■ What is expected
The lines of the records that include "auto" should all be copied.

Stored data entries

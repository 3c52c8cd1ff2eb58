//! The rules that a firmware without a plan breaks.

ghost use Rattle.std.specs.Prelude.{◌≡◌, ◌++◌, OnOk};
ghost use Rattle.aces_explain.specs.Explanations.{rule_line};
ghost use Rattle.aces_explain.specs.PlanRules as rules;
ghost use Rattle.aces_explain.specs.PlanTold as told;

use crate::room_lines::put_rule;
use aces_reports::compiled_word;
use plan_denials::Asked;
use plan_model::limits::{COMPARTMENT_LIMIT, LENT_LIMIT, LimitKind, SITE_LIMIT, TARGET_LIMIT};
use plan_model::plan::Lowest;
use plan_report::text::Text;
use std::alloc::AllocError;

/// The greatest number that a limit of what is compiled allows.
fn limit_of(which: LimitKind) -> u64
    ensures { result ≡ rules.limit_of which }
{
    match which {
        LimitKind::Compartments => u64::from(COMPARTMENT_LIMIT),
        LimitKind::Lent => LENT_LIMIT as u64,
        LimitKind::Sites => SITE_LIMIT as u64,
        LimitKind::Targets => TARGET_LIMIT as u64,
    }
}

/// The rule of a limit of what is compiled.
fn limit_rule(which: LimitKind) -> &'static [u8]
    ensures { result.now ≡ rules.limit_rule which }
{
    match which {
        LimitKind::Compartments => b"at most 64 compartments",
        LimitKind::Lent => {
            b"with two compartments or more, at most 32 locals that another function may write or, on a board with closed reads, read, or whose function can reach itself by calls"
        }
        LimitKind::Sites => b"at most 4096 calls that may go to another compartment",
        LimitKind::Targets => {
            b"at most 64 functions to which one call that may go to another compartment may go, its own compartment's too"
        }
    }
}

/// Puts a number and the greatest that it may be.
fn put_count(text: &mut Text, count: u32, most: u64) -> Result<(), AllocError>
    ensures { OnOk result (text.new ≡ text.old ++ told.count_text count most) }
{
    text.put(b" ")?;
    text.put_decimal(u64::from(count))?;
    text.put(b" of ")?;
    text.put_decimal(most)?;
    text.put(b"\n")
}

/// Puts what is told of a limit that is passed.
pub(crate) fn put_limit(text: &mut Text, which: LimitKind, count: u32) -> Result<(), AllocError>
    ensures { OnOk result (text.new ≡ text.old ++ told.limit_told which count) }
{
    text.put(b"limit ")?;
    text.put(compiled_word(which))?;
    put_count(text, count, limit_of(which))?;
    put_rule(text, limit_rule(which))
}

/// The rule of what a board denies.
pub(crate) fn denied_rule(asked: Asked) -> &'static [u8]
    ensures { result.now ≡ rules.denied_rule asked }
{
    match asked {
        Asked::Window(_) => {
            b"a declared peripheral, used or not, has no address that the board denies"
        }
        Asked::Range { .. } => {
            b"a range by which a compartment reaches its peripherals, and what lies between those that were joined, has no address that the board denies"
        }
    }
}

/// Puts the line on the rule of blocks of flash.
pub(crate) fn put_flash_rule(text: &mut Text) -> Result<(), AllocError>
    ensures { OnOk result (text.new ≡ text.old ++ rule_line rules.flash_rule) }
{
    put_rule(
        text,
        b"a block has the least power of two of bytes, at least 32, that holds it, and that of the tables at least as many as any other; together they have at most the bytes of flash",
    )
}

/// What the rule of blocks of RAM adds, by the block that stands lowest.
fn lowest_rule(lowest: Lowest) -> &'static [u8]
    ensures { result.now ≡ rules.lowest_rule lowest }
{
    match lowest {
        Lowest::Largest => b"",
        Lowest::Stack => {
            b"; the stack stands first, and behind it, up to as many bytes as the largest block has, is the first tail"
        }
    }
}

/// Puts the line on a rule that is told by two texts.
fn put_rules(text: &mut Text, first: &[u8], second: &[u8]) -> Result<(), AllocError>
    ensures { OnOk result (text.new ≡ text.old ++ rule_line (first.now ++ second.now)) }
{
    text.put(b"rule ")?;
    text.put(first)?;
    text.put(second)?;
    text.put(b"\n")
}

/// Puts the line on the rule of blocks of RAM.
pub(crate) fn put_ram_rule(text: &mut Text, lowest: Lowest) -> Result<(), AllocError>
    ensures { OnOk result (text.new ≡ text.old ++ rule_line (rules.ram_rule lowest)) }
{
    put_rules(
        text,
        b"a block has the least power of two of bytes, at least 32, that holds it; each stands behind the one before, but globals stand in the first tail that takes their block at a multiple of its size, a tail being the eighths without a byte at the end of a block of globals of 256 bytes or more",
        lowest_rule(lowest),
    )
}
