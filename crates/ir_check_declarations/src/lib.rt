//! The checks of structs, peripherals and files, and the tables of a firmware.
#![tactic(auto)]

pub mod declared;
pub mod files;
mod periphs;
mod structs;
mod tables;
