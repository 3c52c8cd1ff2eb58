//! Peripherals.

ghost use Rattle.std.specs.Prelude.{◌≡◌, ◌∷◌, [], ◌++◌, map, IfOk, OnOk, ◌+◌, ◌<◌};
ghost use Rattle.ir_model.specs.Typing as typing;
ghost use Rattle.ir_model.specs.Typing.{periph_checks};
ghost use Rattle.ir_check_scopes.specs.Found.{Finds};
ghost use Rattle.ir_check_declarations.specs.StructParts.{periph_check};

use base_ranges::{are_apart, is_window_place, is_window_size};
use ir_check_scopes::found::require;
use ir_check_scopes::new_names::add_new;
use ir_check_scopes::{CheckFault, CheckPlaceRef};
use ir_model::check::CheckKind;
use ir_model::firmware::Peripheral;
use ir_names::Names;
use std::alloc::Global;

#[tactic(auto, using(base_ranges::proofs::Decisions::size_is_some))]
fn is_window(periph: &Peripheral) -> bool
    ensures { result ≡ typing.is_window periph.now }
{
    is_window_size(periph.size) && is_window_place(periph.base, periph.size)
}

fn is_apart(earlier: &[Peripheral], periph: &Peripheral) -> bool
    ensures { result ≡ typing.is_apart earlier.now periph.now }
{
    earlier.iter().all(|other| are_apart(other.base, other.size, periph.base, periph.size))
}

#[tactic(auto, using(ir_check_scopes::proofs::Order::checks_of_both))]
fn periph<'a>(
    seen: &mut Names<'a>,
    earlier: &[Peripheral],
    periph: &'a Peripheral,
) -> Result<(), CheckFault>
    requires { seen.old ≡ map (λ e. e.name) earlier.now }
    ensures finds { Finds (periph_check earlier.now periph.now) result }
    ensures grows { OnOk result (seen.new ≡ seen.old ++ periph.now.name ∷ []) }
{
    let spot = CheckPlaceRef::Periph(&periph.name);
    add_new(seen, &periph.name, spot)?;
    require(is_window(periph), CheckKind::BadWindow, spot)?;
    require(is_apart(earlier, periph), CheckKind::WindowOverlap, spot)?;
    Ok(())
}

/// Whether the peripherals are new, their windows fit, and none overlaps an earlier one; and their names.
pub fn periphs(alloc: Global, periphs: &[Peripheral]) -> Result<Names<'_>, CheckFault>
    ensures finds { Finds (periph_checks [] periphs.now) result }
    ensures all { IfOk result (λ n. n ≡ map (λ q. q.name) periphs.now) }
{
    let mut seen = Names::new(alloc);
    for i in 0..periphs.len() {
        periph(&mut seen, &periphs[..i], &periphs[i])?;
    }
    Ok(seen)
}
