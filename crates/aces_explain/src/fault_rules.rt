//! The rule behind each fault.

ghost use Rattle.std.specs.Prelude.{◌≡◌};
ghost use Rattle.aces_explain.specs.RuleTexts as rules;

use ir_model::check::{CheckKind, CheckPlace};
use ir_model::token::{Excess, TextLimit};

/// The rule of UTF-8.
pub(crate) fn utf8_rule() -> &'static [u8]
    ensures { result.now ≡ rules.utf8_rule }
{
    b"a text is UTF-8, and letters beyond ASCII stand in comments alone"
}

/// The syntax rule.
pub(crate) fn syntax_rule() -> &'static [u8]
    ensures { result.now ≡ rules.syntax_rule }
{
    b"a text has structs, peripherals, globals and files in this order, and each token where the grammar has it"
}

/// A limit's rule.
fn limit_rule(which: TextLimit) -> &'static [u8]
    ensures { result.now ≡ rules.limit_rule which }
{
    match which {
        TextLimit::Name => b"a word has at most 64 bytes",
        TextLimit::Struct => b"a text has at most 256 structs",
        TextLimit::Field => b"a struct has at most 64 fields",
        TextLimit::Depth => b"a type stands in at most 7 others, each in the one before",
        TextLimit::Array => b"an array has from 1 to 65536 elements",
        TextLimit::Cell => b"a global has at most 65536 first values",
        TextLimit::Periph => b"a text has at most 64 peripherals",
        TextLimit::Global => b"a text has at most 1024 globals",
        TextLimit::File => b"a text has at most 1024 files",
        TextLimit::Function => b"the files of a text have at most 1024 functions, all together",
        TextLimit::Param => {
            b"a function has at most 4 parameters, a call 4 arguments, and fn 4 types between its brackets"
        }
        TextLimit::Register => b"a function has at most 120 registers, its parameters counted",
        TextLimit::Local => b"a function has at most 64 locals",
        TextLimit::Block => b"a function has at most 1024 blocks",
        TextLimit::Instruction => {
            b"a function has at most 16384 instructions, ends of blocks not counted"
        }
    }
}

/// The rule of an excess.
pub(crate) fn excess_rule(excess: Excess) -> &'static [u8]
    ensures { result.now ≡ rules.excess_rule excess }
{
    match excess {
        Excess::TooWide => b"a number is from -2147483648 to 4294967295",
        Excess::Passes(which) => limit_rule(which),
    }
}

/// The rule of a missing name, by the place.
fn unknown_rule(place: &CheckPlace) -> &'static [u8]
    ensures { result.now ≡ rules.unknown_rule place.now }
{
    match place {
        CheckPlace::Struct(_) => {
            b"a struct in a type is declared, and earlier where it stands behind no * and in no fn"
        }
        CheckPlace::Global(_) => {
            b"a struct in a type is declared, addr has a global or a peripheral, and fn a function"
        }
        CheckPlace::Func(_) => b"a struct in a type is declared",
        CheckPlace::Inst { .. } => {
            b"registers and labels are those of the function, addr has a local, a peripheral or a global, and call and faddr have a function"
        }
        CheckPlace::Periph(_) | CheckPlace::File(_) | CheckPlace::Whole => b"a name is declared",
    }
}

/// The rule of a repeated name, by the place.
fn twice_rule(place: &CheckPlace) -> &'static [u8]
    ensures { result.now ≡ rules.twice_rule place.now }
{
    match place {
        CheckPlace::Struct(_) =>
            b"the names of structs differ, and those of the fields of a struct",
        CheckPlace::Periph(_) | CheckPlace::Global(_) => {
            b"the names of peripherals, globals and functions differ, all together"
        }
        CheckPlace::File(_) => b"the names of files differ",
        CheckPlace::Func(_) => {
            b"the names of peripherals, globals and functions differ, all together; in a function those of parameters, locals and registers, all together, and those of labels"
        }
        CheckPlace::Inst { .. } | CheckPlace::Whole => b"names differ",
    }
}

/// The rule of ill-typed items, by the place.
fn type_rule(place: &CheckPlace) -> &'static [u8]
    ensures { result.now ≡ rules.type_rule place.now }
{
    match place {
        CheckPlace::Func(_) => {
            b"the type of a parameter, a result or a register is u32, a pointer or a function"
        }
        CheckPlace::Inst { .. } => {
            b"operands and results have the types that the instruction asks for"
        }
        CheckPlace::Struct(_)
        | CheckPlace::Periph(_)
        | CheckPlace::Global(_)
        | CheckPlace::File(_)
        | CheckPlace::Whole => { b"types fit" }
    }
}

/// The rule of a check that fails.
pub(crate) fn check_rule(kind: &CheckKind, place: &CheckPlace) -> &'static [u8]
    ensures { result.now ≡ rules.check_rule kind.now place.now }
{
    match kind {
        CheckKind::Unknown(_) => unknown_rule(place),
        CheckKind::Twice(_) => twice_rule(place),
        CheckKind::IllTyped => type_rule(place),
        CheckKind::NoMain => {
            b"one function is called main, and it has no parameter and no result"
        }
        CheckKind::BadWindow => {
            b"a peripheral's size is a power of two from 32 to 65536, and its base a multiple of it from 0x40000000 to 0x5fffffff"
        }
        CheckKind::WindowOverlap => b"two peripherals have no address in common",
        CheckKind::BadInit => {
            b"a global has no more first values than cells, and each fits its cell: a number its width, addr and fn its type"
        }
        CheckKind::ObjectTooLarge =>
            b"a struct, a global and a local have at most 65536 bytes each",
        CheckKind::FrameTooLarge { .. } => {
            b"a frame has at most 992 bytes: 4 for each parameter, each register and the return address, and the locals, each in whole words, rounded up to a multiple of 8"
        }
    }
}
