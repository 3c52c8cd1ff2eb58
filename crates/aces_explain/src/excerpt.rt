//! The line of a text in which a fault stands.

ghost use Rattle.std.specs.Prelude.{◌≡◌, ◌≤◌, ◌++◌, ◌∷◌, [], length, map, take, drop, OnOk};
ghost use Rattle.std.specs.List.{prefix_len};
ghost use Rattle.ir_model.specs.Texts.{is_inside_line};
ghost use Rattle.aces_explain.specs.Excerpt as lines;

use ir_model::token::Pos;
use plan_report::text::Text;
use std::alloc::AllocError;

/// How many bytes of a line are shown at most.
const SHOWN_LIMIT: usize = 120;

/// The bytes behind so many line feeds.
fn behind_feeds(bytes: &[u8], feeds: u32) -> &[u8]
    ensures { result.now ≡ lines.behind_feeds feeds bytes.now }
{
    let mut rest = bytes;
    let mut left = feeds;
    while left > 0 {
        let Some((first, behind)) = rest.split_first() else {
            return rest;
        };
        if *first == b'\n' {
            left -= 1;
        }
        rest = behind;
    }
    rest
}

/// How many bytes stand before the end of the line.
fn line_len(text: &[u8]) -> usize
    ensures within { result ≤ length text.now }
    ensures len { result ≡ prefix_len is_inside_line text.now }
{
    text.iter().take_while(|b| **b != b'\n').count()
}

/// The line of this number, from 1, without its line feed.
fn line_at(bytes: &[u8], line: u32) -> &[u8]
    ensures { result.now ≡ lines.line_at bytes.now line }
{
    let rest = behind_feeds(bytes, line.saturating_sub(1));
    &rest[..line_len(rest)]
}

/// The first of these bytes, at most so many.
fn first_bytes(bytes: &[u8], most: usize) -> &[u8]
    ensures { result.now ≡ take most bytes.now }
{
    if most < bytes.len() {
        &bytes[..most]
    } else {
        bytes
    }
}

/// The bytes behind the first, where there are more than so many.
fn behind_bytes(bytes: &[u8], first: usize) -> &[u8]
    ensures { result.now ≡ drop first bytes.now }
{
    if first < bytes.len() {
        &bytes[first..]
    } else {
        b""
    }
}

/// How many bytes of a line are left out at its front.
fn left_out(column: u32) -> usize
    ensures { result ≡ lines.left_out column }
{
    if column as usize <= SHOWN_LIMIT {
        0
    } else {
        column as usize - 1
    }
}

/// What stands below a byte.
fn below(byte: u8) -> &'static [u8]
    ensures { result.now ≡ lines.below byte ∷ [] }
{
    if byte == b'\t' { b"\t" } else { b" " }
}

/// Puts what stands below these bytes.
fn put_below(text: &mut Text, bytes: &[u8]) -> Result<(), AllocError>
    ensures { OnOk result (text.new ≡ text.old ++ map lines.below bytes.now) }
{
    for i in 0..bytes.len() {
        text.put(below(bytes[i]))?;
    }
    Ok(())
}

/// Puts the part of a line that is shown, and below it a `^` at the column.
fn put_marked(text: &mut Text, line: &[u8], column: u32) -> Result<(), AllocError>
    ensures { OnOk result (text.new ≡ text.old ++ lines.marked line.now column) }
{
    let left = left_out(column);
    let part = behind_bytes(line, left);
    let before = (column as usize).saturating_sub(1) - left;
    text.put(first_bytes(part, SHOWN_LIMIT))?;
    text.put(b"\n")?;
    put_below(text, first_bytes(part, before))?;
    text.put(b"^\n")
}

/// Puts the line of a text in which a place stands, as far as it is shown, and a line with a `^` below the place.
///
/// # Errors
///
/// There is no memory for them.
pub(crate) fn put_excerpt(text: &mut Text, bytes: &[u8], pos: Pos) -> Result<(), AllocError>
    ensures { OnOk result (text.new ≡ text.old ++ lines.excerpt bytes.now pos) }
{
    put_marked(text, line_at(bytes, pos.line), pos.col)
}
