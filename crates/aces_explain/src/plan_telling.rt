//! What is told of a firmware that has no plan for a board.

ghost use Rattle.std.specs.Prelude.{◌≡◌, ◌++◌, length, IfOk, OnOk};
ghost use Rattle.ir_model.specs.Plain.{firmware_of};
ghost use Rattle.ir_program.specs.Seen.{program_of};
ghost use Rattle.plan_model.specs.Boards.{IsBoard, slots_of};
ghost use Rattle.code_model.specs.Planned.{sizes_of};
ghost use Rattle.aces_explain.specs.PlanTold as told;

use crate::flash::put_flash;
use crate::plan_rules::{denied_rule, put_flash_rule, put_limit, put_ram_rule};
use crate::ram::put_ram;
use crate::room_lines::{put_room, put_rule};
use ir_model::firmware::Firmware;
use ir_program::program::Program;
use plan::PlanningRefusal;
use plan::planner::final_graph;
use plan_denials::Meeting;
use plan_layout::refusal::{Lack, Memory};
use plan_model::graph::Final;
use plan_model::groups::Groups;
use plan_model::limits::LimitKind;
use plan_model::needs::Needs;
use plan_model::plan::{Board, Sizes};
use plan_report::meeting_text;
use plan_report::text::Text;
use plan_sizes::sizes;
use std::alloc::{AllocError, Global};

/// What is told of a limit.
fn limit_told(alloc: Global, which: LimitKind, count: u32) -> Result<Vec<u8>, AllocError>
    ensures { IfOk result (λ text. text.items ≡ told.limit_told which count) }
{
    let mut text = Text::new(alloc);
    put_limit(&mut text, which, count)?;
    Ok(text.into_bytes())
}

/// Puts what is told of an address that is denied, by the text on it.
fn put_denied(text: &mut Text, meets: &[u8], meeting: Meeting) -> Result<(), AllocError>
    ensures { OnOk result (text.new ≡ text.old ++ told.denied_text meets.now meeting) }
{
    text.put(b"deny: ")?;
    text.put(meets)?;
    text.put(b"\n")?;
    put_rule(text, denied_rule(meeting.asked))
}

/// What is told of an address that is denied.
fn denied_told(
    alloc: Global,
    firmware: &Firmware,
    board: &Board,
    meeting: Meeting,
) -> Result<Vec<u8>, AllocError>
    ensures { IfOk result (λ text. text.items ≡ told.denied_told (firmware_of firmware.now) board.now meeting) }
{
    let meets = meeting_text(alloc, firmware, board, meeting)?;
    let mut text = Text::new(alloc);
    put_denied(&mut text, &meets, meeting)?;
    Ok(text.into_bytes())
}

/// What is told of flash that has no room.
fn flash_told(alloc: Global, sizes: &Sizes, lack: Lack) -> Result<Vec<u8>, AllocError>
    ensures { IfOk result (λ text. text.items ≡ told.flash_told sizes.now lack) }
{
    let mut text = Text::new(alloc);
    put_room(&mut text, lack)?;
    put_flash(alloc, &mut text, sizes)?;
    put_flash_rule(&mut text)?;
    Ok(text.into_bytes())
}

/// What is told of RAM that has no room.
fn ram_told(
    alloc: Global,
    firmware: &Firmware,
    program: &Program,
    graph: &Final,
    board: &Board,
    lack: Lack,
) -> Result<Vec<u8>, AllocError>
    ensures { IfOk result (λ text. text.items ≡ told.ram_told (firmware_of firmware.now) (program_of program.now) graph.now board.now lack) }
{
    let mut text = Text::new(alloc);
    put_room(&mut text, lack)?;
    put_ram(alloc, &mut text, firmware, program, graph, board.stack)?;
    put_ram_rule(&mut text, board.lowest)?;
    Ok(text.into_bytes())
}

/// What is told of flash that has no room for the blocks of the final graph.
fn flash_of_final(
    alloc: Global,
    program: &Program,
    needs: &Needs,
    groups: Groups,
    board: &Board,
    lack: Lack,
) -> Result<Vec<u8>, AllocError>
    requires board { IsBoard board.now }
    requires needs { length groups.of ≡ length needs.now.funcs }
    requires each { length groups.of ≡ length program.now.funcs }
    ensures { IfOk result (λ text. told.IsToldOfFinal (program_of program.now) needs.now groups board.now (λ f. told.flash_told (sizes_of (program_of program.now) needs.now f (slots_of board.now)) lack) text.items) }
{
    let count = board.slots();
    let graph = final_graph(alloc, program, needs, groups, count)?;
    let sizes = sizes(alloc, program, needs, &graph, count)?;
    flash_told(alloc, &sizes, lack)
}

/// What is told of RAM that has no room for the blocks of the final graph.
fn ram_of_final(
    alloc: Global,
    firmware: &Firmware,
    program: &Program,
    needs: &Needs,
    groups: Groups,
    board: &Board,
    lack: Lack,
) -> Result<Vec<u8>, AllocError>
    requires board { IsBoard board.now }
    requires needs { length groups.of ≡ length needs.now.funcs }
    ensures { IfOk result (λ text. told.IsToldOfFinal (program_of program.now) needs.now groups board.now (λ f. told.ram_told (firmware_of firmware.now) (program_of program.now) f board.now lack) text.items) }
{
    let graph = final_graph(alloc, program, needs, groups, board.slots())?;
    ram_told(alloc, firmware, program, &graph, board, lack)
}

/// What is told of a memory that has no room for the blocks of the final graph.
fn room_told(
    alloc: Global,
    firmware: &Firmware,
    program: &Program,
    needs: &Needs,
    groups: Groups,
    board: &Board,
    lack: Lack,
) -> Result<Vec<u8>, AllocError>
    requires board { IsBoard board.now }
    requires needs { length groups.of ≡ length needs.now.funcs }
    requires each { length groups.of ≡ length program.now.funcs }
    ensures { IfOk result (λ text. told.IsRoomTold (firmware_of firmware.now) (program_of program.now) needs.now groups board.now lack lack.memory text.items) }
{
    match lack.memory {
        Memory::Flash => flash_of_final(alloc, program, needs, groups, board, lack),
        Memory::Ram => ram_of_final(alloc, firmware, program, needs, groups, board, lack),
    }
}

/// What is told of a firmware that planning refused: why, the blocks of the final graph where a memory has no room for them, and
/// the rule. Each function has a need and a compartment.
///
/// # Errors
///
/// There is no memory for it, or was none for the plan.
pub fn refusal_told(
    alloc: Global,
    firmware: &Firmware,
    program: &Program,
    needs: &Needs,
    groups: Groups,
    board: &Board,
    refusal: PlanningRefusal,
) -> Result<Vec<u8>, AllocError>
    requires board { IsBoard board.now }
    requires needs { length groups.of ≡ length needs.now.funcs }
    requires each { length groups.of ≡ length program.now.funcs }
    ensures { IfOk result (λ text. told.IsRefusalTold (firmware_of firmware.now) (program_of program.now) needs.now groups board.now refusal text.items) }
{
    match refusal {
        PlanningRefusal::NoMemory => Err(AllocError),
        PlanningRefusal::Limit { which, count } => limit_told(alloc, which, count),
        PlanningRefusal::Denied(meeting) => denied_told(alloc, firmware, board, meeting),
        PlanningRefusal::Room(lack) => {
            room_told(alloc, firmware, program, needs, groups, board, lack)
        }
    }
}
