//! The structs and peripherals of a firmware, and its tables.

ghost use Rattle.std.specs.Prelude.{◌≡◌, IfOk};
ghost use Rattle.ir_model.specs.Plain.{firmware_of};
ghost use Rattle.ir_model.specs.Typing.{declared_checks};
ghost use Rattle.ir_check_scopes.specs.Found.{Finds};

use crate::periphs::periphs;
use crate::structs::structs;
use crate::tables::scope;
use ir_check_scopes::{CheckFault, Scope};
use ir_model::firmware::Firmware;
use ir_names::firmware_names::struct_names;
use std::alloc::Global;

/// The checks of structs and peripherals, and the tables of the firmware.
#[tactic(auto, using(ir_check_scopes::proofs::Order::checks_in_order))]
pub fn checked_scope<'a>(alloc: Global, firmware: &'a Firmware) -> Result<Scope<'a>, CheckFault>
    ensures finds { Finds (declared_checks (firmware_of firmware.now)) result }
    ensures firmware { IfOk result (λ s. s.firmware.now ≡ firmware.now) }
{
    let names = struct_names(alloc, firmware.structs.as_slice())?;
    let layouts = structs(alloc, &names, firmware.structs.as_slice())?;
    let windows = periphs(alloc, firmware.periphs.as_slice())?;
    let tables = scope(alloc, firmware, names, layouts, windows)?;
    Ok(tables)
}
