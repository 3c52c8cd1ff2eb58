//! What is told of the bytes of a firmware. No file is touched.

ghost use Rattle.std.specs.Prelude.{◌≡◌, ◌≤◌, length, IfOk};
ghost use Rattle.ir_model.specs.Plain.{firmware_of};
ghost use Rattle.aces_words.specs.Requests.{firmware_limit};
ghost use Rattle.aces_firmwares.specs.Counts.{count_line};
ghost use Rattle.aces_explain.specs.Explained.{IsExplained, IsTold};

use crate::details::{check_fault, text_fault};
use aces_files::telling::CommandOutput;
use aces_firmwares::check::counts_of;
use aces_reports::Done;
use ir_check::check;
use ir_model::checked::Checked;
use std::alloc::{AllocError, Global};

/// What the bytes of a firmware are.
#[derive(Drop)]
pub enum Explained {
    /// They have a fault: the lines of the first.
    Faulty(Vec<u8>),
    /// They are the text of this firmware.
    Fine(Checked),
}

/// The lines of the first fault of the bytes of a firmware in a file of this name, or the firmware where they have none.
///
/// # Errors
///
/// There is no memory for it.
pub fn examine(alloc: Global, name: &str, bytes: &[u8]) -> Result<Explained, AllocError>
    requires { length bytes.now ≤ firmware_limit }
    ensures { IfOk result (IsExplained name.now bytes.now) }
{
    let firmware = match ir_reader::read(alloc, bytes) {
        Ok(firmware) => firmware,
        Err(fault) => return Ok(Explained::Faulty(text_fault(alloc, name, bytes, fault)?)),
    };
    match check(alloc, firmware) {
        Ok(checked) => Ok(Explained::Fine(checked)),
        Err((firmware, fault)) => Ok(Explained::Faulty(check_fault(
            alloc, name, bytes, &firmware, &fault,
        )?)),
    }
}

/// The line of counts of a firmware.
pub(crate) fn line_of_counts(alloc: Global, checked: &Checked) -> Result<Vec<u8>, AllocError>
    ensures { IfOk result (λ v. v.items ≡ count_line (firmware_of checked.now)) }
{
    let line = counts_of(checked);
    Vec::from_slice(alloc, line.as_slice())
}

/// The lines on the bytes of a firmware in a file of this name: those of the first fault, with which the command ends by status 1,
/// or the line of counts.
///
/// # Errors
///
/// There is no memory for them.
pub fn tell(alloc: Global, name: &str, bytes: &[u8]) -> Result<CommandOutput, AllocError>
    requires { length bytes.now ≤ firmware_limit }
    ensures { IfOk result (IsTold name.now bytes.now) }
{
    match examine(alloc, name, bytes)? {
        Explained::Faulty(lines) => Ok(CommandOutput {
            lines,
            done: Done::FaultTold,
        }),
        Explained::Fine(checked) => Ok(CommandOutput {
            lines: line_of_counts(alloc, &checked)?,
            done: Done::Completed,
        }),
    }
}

■ Exercise response
#![tactic(auto)]
#[tactic(auto, using(base_ranges::proofs::Decisions::size_is_some))]
#[tactic(auto, using(ir_check_scopes::proofs::Order::checks_of_both))]
#[tactic(auto, using(ir_check_scopes::proofs::Order::checks_in_order))]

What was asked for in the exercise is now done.